When the line containing "Asked (volume_checks (config" is found in the data below, copy it and each line after it through the line containing "ensure(are_inside(&self.groups, runs), Refusal::Outside)?;", exactly and with no others.
---- RECORDED DATA
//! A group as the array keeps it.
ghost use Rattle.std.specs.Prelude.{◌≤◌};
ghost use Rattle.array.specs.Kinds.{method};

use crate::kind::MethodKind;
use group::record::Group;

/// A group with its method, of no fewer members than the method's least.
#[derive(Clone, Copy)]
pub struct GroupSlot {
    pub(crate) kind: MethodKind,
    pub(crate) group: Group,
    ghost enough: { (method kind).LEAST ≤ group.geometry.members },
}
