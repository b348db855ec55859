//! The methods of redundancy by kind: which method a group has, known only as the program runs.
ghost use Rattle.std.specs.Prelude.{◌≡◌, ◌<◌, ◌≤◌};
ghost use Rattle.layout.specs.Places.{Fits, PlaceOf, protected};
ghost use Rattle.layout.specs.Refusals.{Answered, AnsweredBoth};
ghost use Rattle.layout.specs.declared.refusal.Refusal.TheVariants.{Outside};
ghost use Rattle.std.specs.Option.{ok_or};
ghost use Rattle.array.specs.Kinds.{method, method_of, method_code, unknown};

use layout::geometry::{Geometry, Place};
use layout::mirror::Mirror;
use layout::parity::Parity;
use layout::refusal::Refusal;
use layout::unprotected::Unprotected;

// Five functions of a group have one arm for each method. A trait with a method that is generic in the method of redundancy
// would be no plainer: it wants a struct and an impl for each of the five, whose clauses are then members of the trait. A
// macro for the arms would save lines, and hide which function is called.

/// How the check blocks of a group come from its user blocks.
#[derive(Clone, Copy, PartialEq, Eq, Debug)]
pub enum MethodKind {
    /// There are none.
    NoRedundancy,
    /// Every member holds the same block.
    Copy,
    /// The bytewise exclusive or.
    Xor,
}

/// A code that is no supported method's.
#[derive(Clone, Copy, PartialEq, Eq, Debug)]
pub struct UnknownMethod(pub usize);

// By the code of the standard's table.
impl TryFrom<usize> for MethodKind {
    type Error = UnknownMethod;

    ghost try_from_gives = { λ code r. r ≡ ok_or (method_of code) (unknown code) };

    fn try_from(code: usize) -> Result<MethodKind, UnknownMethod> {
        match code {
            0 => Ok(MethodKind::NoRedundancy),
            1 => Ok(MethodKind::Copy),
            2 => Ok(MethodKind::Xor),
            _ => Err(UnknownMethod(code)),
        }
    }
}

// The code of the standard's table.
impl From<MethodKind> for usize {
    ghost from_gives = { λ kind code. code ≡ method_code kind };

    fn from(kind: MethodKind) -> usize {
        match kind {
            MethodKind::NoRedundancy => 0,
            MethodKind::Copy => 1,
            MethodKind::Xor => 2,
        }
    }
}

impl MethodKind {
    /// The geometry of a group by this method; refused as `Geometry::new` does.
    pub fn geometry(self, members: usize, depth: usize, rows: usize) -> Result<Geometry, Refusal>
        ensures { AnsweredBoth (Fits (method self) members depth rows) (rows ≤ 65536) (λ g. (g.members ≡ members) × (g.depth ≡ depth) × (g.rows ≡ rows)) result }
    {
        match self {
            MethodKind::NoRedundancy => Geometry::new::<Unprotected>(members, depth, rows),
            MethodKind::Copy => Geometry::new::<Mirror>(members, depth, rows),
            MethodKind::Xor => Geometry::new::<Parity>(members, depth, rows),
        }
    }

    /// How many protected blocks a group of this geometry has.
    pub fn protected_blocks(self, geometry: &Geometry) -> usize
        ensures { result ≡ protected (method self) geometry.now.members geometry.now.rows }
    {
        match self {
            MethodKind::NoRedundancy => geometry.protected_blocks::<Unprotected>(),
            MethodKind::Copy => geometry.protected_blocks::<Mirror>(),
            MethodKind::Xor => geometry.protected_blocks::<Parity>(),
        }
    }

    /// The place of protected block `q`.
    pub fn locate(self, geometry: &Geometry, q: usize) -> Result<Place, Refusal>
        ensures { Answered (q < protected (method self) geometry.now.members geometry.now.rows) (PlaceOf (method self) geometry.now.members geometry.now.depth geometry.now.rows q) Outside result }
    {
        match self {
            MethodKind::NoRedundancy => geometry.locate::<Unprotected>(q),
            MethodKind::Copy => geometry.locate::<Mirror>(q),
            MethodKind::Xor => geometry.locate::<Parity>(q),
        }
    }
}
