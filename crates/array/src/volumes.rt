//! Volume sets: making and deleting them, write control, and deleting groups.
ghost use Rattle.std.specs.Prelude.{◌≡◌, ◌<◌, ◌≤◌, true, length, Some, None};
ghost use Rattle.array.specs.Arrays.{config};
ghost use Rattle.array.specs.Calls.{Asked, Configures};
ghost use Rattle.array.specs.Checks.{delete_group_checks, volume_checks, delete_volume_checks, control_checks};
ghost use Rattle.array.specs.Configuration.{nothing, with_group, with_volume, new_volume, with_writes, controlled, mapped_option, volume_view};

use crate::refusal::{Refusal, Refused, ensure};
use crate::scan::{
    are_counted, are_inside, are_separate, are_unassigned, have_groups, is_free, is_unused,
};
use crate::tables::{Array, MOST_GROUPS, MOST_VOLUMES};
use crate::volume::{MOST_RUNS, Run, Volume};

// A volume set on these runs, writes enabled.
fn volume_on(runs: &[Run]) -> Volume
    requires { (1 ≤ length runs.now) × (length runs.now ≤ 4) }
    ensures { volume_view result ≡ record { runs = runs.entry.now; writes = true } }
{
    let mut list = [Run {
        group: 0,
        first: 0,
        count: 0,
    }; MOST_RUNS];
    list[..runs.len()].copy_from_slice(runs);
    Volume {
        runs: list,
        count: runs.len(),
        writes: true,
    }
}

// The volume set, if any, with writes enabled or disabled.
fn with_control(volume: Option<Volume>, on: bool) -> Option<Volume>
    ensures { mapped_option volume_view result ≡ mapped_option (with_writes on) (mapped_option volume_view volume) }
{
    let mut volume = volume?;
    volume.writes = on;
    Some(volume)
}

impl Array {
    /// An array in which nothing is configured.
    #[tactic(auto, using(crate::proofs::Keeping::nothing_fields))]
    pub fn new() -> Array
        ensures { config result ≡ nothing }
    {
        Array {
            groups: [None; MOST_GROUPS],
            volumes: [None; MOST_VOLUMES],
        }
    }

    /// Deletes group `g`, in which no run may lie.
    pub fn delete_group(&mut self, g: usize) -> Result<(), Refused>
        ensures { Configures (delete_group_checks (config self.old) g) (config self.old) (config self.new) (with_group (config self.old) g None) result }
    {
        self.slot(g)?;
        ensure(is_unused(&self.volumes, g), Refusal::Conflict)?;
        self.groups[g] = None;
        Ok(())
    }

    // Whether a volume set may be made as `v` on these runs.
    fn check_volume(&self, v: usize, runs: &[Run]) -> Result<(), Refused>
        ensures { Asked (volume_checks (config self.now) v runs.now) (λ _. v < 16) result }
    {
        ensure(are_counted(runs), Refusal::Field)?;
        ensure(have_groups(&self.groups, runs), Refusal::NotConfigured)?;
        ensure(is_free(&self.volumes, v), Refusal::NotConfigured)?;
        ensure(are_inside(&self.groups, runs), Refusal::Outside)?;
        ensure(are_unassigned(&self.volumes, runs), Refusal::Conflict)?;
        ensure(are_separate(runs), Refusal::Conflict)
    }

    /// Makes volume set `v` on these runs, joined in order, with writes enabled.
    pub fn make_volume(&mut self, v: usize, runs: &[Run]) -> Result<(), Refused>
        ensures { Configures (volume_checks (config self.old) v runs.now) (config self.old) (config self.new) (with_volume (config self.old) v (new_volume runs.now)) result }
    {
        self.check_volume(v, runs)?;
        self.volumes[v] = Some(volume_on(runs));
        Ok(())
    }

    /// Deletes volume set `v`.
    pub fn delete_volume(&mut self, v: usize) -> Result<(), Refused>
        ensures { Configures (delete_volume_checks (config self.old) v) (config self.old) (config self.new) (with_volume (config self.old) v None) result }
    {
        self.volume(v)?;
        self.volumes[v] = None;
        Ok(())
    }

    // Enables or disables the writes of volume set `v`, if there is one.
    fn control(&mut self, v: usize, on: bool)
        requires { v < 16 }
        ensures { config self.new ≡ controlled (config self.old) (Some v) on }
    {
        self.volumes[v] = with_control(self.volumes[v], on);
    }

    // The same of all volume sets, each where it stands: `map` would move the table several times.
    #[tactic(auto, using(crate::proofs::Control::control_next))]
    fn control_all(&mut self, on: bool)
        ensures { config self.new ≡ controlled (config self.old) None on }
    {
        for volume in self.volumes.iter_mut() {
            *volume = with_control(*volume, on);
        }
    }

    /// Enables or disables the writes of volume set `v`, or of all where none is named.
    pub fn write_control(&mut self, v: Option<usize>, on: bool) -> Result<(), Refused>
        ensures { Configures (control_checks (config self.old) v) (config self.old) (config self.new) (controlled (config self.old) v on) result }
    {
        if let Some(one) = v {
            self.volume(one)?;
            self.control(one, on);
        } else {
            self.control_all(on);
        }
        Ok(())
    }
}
--------
*ANSWER TO THIS EXERCISE*:
        ensures { Asked (volume_checks (config self.now) v runs.now) (λ _. v < 16) result }
    {
        ensure(are_counted(runs), Refusal::Field)?;
        ensure(have_groups(&self.groups, runs), Refusal::NotConfigured)?;
        ensure(is_free(&self.volumes, v), Refusal::NotConfigured)?;
        ensure(are_inside(&self.groups, runs), Refusal::Outside)?;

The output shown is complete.